The answer must consist of each line of the records below that contains the string "entry".

Input:
* * * *

//! The parts of a synthesis by many workers: the shape, the plan, the memo in which it is published, and what it comes to.

ghost use Rattle.std.specs.Prelude.{◌≡◌, ◌≤◌, length, IfErr, IfOk, OnOk};
ghost use Rattle.cts_topo.specs.Shape.{IsShapeOver};
ghost use Rattle.cts_topo.specs.Sinks.{AreSinks};
ghost use Rattle.cts_topo.specs.Topology.{shape_of};
ghost use Rattle.cts_up.specs.Ends.{Ends};
ghost use Rattle.cts_up.specs.Plan.{IsPlan};
ghost use Rattle.cts_turn.specs.Passes.{seen_by, share_of};
ghost use Rattle.cts_memo.specs.Passes.{IsPassOf, params_of};
ghost use Rattle.cts_memo.specs.Sound.{IsSound};
ghost use Rattle.cts_memo.specs.Tables.{base_of, told_by};
ghost use Rattle.cts_tree_workers.specs.Rooms.{AreFor, AreReady};
ghost use Rattle.cts_top.specs.Memos.{HoldsPlan, IsPlanned, planned_of};
ghost use Rattle.cts_top.specs.Synthesised.{IsSynthesised};
ghost use Rattle.cts_work.specs.Plans.{nodes_of};
ghost use denote.Param.Send.{IsSync};

use crate::valid::instance_is_valid;
use cts_beside::beside;
use cts_elmore::Figures;
use cts_instance::Instance;
use cts_memo::laws::memo_is_shared;
use cts_memo::{Memo, MemoPass, Secret, Table};
use cts_num::NoMemory;
use cts_plain::NoTree;
use cts_topo::Shape;
use cts_tree::Tree;
use cts_tree_workers::{Rooms, shape_by, tree_by};
use cts_units::Sink;
use cts_up::UpEnd;
use cts_work::{Gate, Plan, plan_all, publish_plan};
use std::alloc::Global;
use std::sync::Wait;
use std::thread::Threads;

/// An instance, the shape over its sinks, and the shape's plan.
#[derive(Clone, Copy)]
pub(crate) struct Planned<'a> {
    pub(crate) instance: &'a Instance,
    pub(crate) shape: &'a Shape,
    pub(crate) plan: &'a Plan,
}

/// The table of a memo whose passes are all joined.
pub(crate) fn closed(memo: Memo, pass: MemoPass) -> Table
    requires own { IsPassOf memo pass }
    requires whole { share_of pass ≡ 65536 }
    ensures told { told_by result ≡ seen_by pass }
    ensures base { base_of result ≡ params_of memo }
    ensures sound { IsSound (base_of result) (told_by result) }
{
    match memo.close(pass) {
        Ok(table) => table,
        // The share is whole.
        Err(_) => unreachable!(),
    }
}

/// The shape over sinks with the rooms of its tree, by so many workers, and the secret of the memo, which a thread of its
/// own makes meanwhile.
pub(crate) fn make_shape<R: Threads + Sync>(
    rt: &R,
    alloc: Global,
    sinks: &[Sink],
    workers: u32,
) -> (Result<(Shape, Rooms), NoMemory>, Secret)
    requires { AreSinks sinks.now }
    ensures definition { IfOk result.0 (λ made. made.0 ≡ shape_of sinks.now) }
    ensures shape { IfOk result.0 (λ made. IsShapeOver (length sinks.now) made.0) }
    ensures rooms { IfOk result.0 (λ made. AreFor (length made.0) made.1) }
{
    let mix = move || Secret::of_sinks(sinks);
    let divide = move || -> Result<(Shape, Rooms), NoMemory>
        requires { AreSinks sinks.now }
        ensures definition { IfOk result (λ made. made.0 ≡ shape_of sinks.entry.now) }
        ensures shape { IfOk result (λ made. IsShapeOver (length sinks.entry.now) made.0) }
        ensures rooms { IfOk result (λ made. AreFor (length made.0) made.1) }
    { shape_by(rt, alloc, workers, sinks) };
    let (secret, shape) = beside(rt, mix, divide);
    (shape, secret)
}

/// The plan of the shape of an instance, by so many workers, and the rooms of its tree with the lists of the leaves, which
/// a thread of its own makes meanwhile.
pub(crate) fn make_plan<R: Threads + Sync, G: Gate>(
    rt: &R,
    alloc: Global,
    gate: &G,
    memo: &Memo,
    instance: &Instance,
    shape: &Shape,
    rooms: Rooms,
    workers: u32,
) -> (Result<Plan, UpEnd>, Result<Rooms, NoMemory>)
    requires shape { IsShapeOver (length instance.now.sinks) shape.now }
    requires rooms { AreFor (length shape.now) rooms }
    requires some { 1 ≤ workers }
    requires few { workers ≤ 64 }
    ensures plan { IfOk result.0 (λ plan. IsPlan (params_of memo.now) instance.now.sinks shape.now (nodes_of plan)) }
    ensures ends { IfErr result.0 (Ends (params_of memo.now) instance.now.sinks shape.now) }
    ensures rooms { IfOk result.1 (AreReady instance.now shape.now) }
{
    let list = move || -> Result<Rooms, NoMemory>
        requires { IsShapeOver (length instance.now.sinks) shape.now × AreFor (length shape.now) rooms }
        ensures { IfOk result (AreReady instance.entry.now shape.entry.now) }
    { rooms.with_leaves(instance, shape) };
    let up = move || -> Result<Plan, UpEnd>
        requires { IsShapeOver (length instance.now.sinks) shape.now × (1 ≤ workers) × (workers ≤ 64) }
        ensures plan { IfOk result (λ plan. IsPlan (params_of memo.entry.now) instance.entry.now.sinks shape.entry.now (nodes_of plan)) }
        ensures ends { IfErr result (Ends (params_of memo.entry.now) instance.entry.now.sinks shape.entry.now) }
    { plan_all(rt, alloc, memo, gate, instance.sinks(), shape, workers) };
    memo_is_shared();
    let (rooms, plan) = beside(rt, list, up);
    (plan, rooms)
}

/// What the plan of an instance comes to, whose nodes so many workers place and balance.
fn finish_plan<R: Threads + Sync>(
    rt: &R,
    alloc: Global,
    planned: Planned<'_>,
    rooms: Rooms,
    workers: u32,
) -> Result<(Tree, Figures), NoTree>
    requires planned { IsPlanned planned }
    requires rooms { AreReady planned.instance.now planned.shape.now rooms }
    ensures { IsSynthesised planned.entry.instance.now result }
{
    let Planned {
        instance,
        shape,
        plan,
    } = planned;
    instance_is_valid(instance);
    match plan.sites(alloc) {
        Ok(sites) => tree_by(rt, alloc, workers, instance, shape, sites.as_slice(), rooms),
        Err(NoMemory) => Err(NoTree::NoMemory),
    }
}

/// Publishes the plan of an instance in a memo, and gives the pass back.
fn publish<R: Wait, G: Gate>(
    rt: &R,
    alloc: Global,
    gate: &G,
    memo: &Memo,
    mut pass: MemoPass,
    planned: Planned<'_>,
) -> (Result<(), NoMemory>, MemoPass)
    requires own { IsPassOf memo.now pass }
    requires params { params_of memo.now ≡ planned.instance.now.params }
    requires planned { IsPlanned planned }
    ensures own { IsPassOf memo.now result.1 }
    ensures share { share_of result.1 ≡ share_of pass }
    ensures known { OnOk result.0 (HoldsPlan planned.entry.instance.now planned.entry.shape.now (seen_by result.1)) }
{
    let Planned {
        instance,
        shape,
        plan,
    } = planned;
    let sinks = instance.sinks();
    let published = publish_plan(rt, alloc, gate, memo, &mut pass, sinks, shape, plan);
    (published, pass)
}

/// What the plan of an instance comes to, by so many workers, while a thread of its own publishes the plan in the memo.
/// Both are done before anything is written, so that it is known by then whether memory sufficed.
pub(crate) fn finish_and_publish<R: Threads + Wait + Sync, G: Gate>(
    rt: &R,
    alloc: Global,
    gate: &G,
    memo: &Memo,
    pass: MemoPass,
    planned: Planned<'_>,
    rooms: Rooms,
    workers: u32,
) -> (
    Result<(Tree, Figures), NoTree>,
    Result<(), NoMemory>,
    MemoPass,
)
    requires own { IsPassOf memo.now pass }
    requires params { params_of memo.now ≡ planned.instance.now.params }
    requires planned { IsPlanned planned }
    requires rooms { AreReady planned.instance.now planned.shape.now rooms }
    ensures synthesised { IsSynthesised planned.entry.instance.now result.0 }
    ensures known { OnOk result.1 (HoldsPlan planned.entry.instance.now planned.entry.shape.now (seen_by result.2)) }
    ensures own { IsPassOf memo.now result.2 }
    ensures share { share_of result.2 ≡ share_of pass }
{
    let Planned {
        instance,
        shape,
        plan,
    } = planned;
    let bring = move || -> (Result<(), NoMemory>, MemoPass)
        requires { IsPassOf memo.now pass × (params_of memo.now ≡ instance.now.params) × IsPlanned (planned_of instance shape plan) }
        ensures own { IsPassOf memo.entry.now result.1 }
        ensures share { share_of result.1 ≡ share_of pass }
        ensures known { OnOk result.0 (HoldsPlan instance.entry.now shape.entry.now (seen_by result.1)) }
    {
        let planned = Planned {
            instance,
            shape,
            plan,
        };
        publish(rt, alloc, gate, memo, pass, planned)
    };
    let finish = move || -> Result<(Tree, Figures), NoTree>
        requires { IsPlanned (planned_of instance shape plan) × AreReady instance.now shape.now rooms }
        ensures { IsSynthesised instance.entry.now result }
    {
        let planned = Planned {
            instance,
            shape,
            plan,
        };
        finish_plan(rt, alloc, planned, rooms, workers)
    };
    memo_is_shared();
    let ((published, pass), synthesis) = beside(rt, bring, finish);
    (synthesis, published, pass)
}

* * * *

Worked solution:
        ensures definition { IfOk result (λ made. made.0 ≡ shape_of sinks.entry.now) }
        ensures shape { IfOk result (λ made. IsShapeOver (length sinks.entry.now) made.0) }
        ensures { IfOk result (AreReady instance.entry.now shape.entry.now) }
        ensures plan { IfOk result (λ plan. IsPlan (params_of memo.entry.now) instance.entry.now.sinks shape.entry.now (nodes_of plan)) }
        ensures ends { IfErr result (Ends (params_of memo.entry.now) instance.entry.now.sinks shape.entry.now) }
    ensures { IsSynthesised planned.entry.instance.now result }
    ensures known { OnOk result.0 (HoldsPlan planned.entry.instance.now planned.entry.shape.now (seen_by result.1)) }
    ensures synthesised { IsSynthesised planned.entry.instance.now result.0 }
    ensures known { OnOk result.1 (HoldsPlan planned.entry.instance.now planned.entry.shape.now (seen_by result.2)) }
        ensures own { IsPassOf memo.entry.now result.1 }
        ensures known { OnOk result.0 (HoldsPlan instance.entry.now shape.entry.now (seen_by result.1)) }
        ensures { IsSynthesised instance.entry.now result }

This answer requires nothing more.